------ EXERCISE INPUTS

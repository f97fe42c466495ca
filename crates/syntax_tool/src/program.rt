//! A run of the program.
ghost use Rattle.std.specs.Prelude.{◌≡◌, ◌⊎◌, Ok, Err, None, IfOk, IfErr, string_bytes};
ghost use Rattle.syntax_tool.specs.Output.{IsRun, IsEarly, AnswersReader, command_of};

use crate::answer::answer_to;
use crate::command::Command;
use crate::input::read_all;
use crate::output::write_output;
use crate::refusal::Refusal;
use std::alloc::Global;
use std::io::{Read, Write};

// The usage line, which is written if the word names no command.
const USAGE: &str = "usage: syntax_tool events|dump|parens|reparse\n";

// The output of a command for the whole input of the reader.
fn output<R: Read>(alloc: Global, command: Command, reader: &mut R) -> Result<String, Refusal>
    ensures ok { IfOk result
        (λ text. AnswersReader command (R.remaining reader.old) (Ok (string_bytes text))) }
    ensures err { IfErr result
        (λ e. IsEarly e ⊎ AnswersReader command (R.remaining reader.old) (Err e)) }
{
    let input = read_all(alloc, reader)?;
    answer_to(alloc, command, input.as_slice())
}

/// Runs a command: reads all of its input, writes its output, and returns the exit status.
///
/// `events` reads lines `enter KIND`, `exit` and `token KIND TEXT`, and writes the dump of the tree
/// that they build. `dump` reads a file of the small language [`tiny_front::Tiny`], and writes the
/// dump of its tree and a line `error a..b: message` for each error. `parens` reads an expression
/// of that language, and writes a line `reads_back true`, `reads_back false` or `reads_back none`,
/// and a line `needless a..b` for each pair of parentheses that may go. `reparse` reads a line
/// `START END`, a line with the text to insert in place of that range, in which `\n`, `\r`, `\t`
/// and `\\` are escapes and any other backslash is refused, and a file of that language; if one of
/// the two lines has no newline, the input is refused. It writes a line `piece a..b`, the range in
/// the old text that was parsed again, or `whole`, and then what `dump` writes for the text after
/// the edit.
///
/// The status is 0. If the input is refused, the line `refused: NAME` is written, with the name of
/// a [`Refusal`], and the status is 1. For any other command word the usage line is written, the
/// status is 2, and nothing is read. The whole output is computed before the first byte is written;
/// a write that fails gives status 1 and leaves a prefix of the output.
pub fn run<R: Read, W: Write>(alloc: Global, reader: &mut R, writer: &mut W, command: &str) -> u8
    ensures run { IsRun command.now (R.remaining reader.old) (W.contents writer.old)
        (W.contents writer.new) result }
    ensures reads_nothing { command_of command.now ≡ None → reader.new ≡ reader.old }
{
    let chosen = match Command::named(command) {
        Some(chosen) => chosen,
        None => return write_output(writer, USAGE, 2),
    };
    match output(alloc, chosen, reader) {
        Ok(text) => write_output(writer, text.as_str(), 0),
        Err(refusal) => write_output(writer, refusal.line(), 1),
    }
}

------------
------ EXERCISE INPUTS

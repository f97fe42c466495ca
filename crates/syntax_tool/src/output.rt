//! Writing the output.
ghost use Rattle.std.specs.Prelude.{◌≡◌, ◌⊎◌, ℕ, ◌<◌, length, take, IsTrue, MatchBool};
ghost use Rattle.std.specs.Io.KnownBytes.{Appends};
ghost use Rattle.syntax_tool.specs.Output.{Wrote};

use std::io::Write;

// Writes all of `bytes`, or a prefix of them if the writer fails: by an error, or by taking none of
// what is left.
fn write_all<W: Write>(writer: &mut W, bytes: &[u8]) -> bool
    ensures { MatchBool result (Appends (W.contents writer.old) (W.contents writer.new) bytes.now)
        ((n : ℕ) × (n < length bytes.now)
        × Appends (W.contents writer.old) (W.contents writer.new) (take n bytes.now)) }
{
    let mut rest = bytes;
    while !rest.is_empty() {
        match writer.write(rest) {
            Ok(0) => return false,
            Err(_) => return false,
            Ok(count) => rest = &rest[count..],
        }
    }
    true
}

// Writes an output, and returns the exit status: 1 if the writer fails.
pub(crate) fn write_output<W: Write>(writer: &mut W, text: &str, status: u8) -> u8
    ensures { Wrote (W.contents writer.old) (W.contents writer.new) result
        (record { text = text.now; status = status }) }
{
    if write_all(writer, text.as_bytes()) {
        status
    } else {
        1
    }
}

------------

# WHAT THE EXERCISE ASKS
Could you please find every line of the listing above holding the string "alloc" and copy it?

# OUTPUT OF THE TASK
use std::alloc::Global;
fn output<R: Read>(alloc: Global, command: Command, reader: &mut R) -> Result<String, Refusal>
    let input = read_all(alloc, reader)?;
    answer_to(alloc, command, input.as_slice())
pub fn run<R: Read, W: Write>(alloc: Global, reader: &mut R, writer: &mut W, command: &str) -> u8
    match output(alloc, chosen, reader) {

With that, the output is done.